# Help with my GSD 11 yrs..........



## angjoek513 (Jul 8, 2011)

Hi all, first time posting been reading the forms for years. 
We have our Zeke Male GSD since he was a puppy, he's been part of our family for almost 12 years. He goes everywhere with us and is like our child. He has always been very healthy. I know he's getting up in age and one day were going to have to say goodbye, hopefully not for a very long time. A few weeks back he started to lick his back paws and legs enough to get a few open sores. Now I have noticed when he is laying down his leg jerks a lot and he'll move or turn another way then when he falls asleep again it starts to jerk every now and then its like its pulsing. The other day he got up and almost fell over like he's loosing his balance in his back area. He stands at the stairs like do i really want to go down them. He's also starting t loose his hearing a little. What do I do to make him more comfortable.
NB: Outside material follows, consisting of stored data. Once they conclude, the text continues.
// What is printed of runs by chance.

ghost use Rattle.std.specs.Prelude.{◌≡◌, ◌≤◌, ◌++◌, IfOk, IfNone, IfSome, OnOk, length, option_map};
ghost use Rattle.std.specs.String.{string_bytes};
ghost use Rattle.mj_search.specs.Printed.{counts_lines, faulty_line, faults_line, found_line, goal_word, is_untroubled, plain_line, refusal_by};
ghost use Rattle.mj_search.specs.Printed.{refusal_line, refusal_lines, refusal_of, runs_line, tally_hint, tally_line, tally_lines};
ghost use Rattle.mj_search.specs.Statuses.{found_status};

use mj_explore::{Explored, Finding, Tally};
use mj_text::Fault;
use std::alloc::{AllocError, Global};

// The exit status where a run shows what is looked for.
const FOUND: u8 = 1;

/// What is printed of the runs, and the exit status: how many there were, how many different ends they had, and how many came to what; and behind that, where
/// one showed what is looked for, which it was, how many steps are found to show it, and the fault of the expression, if it is found by one.
pub fn explored_text(
    alloc: Global,
    explored: &Explored,
    until: Option<&str>,
) -> Result<(Vec<u8>, u8), AllocError>
    ensures none { IfOk result (λ told. IfNone explored.now.found (told.0.items
        ≡ counts_lines explored.now.runs (length explored.now.ends.items) explored.now.tally)) }
    ensures some { IfOk result (λ told. IfSome explored.now.found (λ found. told.0.items
        ≡ counts_lines explored.now.runs (length explored.now.ends.items) explored.now.tally
        ++ found_line (goal_word (option_map (λ word. word.now) until.entry)) found.finding explored.now.runs (length found.steps.items))) }
    ensures which { IfOk result (λ told. told.1 ≡ found_status explored.now.found) }
    ensures bound { IfOk result (λ told. told.1 ≤ 1) }
{
    let mut text = counts(alloc, explored)?;
    let Some(found) = &explored.found else {
        return Ok((text, 0));
    };
    let line = found_line(
        alloc,
        word_of(until),
        found.finding,
        explored.runs,
        found.steps.len(),
    )?;
    text.extend_from_slice(line.as_bytes())?;
    Ok((text, FOUND))
}

// The lines on how many runs there were, and what they came to.
fn counts(alloc: Global, explored: &Explored) -> Result<Vec<u8>, AllocError>
    ensures { IfOk result (λ text. text.items ≡ counts_lines explored.now.runs (length explored.now.ends.items) explored.now.tally) }
{
    let mut text = Vec::new(alloc);
    let line = runs_line(alloc, explored.runs, explored.ends.len())?;
    text.extend_from_slice(line.as_bytes())?;
    put_tally(alloc, &mut text, explored.tally)?;
    Ok(text)
}

// Puts how many runs came to what to the end of a text, where some came to one of these.
fn put_tally(alloc: Global, text: &mut Vec<u8>, tally: Tally) -> Result<(), AllocError>
    ensures { OnOk result (text.new.items ≡ text.old.items ++ tally_lines tally) }
{
    if is_untroubled(tally) {
        return Ok(());
    }
    let line = tally_line(alloc, tally)?;
    text.extend_from_slice(line.as_bytes())
}

// Whether in no run a job faulted, and none got stuck or was stopped.
fn is_untroubled(tally: Tally) -> bool
    ensures { result ≡ is_untroubled tally }
{
    tally.faulted == 0 && tally.stuck == 0 && tally.stopped == 0
}

// The line on how many runs there were, and how many different ends they had.
fn runs_line(alloc: Global, runs: u32, ends: usize) -> Result<String, AllocError>
    ensures { IfOk result (λ line. string_bytes line ≡ runs_line runs ends) }
{
    let line = format!(in alloc; "runs {runs}, ends {ends}\n")?;
    Ok(line)
}

// The line on how many came to what.
fn tally_line(alloc: Global, tally: Tally) -> Result<String, AllocError>
    ensures { IfOk result (λ line. string_bytes line ≡ tally_line tally) }
{
    let Tally {
        faulted,
        stuck,
        stopped,
    } = tally;
    let line = format!(in alloc; "faulted {faulted}, stuck {stuck}, stopped {stopped}\n")?;
    Ok(line)
}

// The line on what the last run showed, and how many steps show it, in this way.
fn found_line(
    alloc: Global,
    what: &str,
    finding: Finding,
    run: u32,
    steps: usize,
) -> Result<String, AllocError>
    ensures { IfOk result (λ line. string_bytes line ≡ found_line what.now finding run steps) }
{
    match finding {
        Finding::Sought => plain_line(alloc, what, run, steps),
        Finding::Faulty(fault) => faulty_line(alloc, what, fault.name(), run, steps),
    }
}

// The line on what the last run showed, and how many steps show it.
fn plain_line(alloc: Global, what: &str, run: u32, steps: usize) -> Result<String, AllocError>
    ensures { IfOk result (λ line. string_bytes line ≡ plain_line what.now run steps) }
{
    let line = format!(in alloc; "{what} in run {run}, steps {steps}\n")?;
    Ok(line)
}

// The same, with the name of the fault of an expression.
fn faulty_line(
    alloc: Global,
    what: &str,
    name: &str,
    run: u32,
    steps: usize,
) -> Result<String, AllocError>
    ensures { IfOk result (λ line. string_bytes line ≡ faulty_line what.now name.now run steps) }
{
    let line = format!(in alloc; "{what} in run {run}, steps {steps}, by {name}\n")?;
    Ok(line)
}

// The word for what was found.
fn word_of<'a>(until: Option<&'a str>) -> &'a str
    ensures { result.now ≡ goal_word (option_map (λ word. word.now) until.entry) }
{
    match until {
        Some(word) if matches!(word, "fault" | "stuck" | "clash") => word,
        _ => "untrue",
    }
}

/// The fault for which the expression is refused, if it is: over the globals that the first run left it faults.
pub fn refusal_of(explored: &Explored) -> Option<Fault>
    ensures { result ≡ refusal_of explored.now.runs explored.now.found }
{
    match &explored.found {
        Some(found) => refusal_by(explored.runs, found.finding),
        None => None,
    }
}

// The one for which it is refused that is found so.
fn refusal_by(runs: u32, finding: Finding) -> Option<Fault>
    ensures { result ≡ refusal_by runs finding }
{
    match finding {
        Finding::Faulty(fault) if runs == 1 => Some(fault),
        _ => None,
    }
}

/// What stands behind the line that refuses an expression: by which fault it is, and what the first run came to, where a job's own fault may be the cause.
pub fn refusal_text(alloc: Global, fault: Fault, tally: Tally) -> Result<Vec<u8>, AllocError>
    ensures { IfOk result (λ text. text.items ≡ refusal_lines fault tally) }
{
    let mut text = Vec::new(alloc);
    let line = refusal_line(alloc, fault)?;
    text.extend_from_slice(line.as_bytes())?;
    put_hint(alloc, &mut text, tally)?;
    Ok(text)
}

// Puts what the first run came to behind four blanks to the end of a text, where a job faulted in it, or it got stuck or was stopped.
fn put_hint(alloc: Global, text: &mut Vec<u8>, tally: Tally) -> Result<(), AllocError>
    ensures { OnOk result (text.new.items ≡ text.old.items ++ tally_hint tally) }
{
    if is_untroubled(tally) {
        return Ok(());
    }
    text.extend_from_slice(b"    ")?;
    put_tally(alloc, text, tally)
}

// The line on the fault by which an expression is refused.
fn refusal_line(alloc: Global, fault: Fault) -> Result<String, AllocError>
    ensures { IfOk result (λ line. string_bytes line ≡ refusal_line fault) }
{
    faults_line(alloc, fault.name())
}

// The same, with the name of the fault.
fn faults_line(alloc: Global, name: &str) -> Result<String, AllocError>
    ensures { IfOk result (λ line. string_bytes line ≡ faults_line name.now) }
{
    let line = format!(in alloc;
        "    the expression faults over the globals that the first run left: {name}\n"
    )?;
    Ok(line)
}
He really doesn't cry or yelp, not in pain but, hes more fustrated that he cant chase the cat down the street. I really need to take him to the vet and get him looked at as we always have the only thing is now my hubsband has been laided off from work for a year and its really tough to get money together. Don't get me wrong I will find a way to get him help just need to find a vet who might let me make payments. He has a dog bed he lays on should I be looking for something more spacific for senior dogs to help keep him comfy? And is there anything else I can give him to help him. It breaks our heart not think of not having him around and want to keep him as comfortable as possible for as long as we can. I know we are going to have to find ways to help him up and down stairs and outside. Any suggestions on websites that have inexpensive items for senior dogs to improve there remaining years would be great. Thanks in advance........


----------



## KZoppa (Aug 14, 2010)

He's 11 years old! When you get him checked by a vet, i would suggest having him checked for DM (degenerative myalpothy) and arthritis. He's up there in age so it really could be any number of things. The dog bed he has should be fine for him. If you want i'm sure he probably wouldnt mind a couple pillows or even his own blanket but you'd have to ask him! lol. He's an older shepherd. Average lifespan for a GSD is 10-12 years with some occassionally living longer than that. Given his age, you should really try to prepare to let him go soon. You just never know. Love him, get him seen by a vet and love him some more. good luck.


----------



## JakodaCD OA (May 14, 2000)

I would also check with your vet first, then maybe consider a chiropractor, massage therapist ,,

My senior dogs always got ALOT out of a chiro and/or massage therapy..Consider some supplements as well, MSM w/glucosamine could do him no harm

First get a vet accessment, and I'd do a senior blood panel and go from there..

My gsd's except one, have always lived long lives until 13 -14 years old..


----------



## WVGSD (Nov 28, 2006)

Something like this might be a help. In the meantime, you could use a bath towel to help your dog go up and down the stairs. 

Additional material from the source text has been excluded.